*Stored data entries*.
*** Begin section ***

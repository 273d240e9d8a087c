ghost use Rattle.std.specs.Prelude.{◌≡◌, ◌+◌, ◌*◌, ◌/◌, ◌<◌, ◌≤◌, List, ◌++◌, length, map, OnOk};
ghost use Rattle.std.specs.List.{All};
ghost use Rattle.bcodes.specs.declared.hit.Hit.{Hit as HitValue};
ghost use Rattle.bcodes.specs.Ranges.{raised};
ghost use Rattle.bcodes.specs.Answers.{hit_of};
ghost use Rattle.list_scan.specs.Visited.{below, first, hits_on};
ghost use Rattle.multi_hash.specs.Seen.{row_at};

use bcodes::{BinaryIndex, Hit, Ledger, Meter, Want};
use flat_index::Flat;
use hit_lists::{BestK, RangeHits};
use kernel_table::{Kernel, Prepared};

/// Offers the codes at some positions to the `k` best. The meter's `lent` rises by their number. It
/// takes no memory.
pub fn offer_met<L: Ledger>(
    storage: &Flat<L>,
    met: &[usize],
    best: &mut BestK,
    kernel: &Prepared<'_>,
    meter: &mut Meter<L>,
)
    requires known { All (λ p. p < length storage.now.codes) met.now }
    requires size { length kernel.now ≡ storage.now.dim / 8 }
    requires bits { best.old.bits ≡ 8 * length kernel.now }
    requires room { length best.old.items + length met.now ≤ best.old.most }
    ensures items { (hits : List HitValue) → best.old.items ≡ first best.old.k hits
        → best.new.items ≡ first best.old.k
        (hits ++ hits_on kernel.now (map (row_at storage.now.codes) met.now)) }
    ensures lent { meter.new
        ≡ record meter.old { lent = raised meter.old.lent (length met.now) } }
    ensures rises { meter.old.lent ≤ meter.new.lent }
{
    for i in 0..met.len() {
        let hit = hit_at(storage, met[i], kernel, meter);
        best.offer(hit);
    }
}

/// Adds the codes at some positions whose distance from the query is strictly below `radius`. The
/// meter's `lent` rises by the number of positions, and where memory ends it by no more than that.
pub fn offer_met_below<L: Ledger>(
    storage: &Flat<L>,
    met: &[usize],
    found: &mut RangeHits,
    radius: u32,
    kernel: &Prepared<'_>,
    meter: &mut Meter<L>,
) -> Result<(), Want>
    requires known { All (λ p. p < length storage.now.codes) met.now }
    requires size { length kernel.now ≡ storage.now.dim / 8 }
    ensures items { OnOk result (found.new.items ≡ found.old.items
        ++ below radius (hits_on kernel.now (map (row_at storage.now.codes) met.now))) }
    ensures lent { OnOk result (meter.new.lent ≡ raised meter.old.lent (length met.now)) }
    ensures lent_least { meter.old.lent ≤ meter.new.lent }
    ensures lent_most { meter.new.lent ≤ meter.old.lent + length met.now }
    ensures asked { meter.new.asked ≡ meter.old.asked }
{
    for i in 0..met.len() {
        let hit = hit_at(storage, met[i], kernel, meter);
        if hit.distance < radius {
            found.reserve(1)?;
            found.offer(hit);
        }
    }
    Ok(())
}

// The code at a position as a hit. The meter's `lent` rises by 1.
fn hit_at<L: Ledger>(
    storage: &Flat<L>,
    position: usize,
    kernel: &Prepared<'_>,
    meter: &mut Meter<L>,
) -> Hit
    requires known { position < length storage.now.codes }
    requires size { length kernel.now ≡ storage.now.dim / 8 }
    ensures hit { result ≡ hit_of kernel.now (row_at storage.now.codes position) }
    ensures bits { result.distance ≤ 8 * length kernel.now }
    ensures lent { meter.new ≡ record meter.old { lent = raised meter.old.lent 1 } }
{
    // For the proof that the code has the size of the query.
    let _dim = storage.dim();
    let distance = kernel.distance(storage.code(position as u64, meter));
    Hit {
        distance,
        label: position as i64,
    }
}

*** End section ***
*** Begin section ***

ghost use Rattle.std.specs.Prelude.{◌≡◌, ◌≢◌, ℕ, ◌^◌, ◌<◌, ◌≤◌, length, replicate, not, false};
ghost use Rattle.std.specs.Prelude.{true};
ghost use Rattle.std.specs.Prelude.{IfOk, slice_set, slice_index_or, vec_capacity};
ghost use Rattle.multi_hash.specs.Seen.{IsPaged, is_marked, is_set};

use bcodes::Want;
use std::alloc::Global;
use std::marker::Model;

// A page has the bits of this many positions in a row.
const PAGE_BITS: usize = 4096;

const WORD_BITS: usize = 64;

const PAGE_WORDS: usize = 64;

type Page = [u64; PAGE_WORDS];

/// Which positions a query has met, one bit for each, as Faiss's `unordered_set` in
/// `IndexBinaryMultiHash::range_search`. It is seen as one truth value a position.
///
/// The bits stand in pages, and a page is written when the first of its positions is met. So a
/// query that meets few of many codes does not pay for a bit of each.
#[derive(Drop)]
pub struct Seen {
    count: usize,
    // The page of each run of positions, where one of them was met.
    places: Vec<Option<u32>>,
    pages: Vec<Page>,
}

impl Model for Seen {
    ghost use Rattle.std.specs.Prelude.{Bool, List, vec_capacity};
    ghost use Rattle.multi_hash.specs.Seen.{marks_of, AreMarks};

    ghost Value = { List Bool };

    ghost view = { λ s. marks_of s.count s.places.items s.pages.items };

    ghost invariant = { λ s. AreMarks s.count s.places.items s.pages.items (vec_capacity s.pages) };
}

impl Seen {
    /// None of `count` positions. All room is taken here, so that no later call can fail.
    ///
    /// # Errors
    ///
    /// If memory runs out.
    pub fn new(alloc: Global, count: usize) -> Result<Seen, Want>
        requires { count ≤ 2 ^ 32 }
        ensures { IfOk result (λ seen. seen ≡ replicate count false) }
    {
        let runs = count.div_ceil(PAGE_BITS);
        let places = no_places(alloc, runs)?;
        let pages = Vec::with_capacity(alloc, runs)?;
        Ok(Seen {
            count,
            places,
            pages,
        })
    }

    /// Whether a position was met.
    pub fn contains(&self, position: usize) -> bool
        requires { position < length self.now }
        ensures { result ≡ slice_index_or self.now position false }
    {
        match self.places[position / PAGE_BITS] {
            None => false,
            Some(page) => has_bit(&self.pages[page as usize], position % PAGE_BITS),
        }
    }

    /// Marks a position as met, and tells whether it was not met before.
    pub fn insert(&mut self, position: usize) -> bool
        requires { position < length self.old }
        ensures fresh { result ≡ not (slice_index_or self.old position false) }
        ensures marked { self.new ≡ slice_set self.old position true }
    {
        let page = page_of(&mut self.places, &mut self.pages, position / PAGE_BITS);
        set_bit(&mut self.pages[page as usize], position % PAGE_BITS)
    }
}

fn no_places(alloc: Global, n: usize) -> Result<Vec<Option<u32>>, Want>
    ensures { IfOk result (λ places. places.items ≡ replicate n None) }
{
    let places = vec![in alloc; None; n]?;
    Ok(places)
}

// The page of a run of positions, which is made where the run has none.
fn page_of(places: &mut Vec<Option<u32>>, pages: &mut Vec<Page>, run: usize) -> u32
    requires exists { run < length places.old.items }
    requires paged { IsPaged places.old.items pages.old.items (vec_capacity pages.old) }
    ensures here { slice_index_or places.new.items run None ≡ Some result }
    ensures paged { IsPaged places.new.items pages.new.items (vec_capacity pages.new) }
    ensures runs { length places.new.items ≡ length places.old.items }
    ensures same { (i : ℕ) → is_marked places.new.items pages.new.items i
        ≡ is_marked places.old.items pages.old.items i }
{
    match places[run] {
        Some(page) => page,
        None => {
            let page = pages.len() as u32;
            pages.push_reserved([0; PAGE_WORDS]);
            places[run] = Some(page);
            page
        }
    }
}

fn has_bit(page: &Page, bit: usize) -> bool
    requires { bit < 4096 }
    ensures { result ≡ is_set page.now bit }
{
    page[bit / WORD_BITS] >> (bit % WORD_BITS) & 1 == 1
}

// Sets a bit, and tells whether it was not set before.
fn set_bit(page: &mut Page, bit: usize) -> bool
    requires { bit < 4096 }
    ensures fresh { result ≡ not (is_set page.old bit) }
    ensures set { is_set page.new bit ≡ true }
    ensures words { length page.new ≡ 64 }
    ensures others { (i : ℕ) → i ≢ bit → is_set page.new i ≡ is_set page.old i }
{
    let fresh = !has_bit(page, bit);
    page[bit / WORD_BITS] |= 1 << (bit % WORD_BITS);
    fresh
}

*** End section ***

*EXERCISE AIM*.
Your answer should consist of the lines above that hold the word "first", copied exactly.

*SOLUTION FOR THIS TASK*.
ghost use Rattle.list_scan.specs.Visited.{below, first, hits_on};
    ensures items { (hits : List HitValue) → best.old.items ≡ first best.old.k hits
        → best.new.items ≡ first best.old.k
/// The bits stand in pages, and a page is written when the first of its positions is met. So a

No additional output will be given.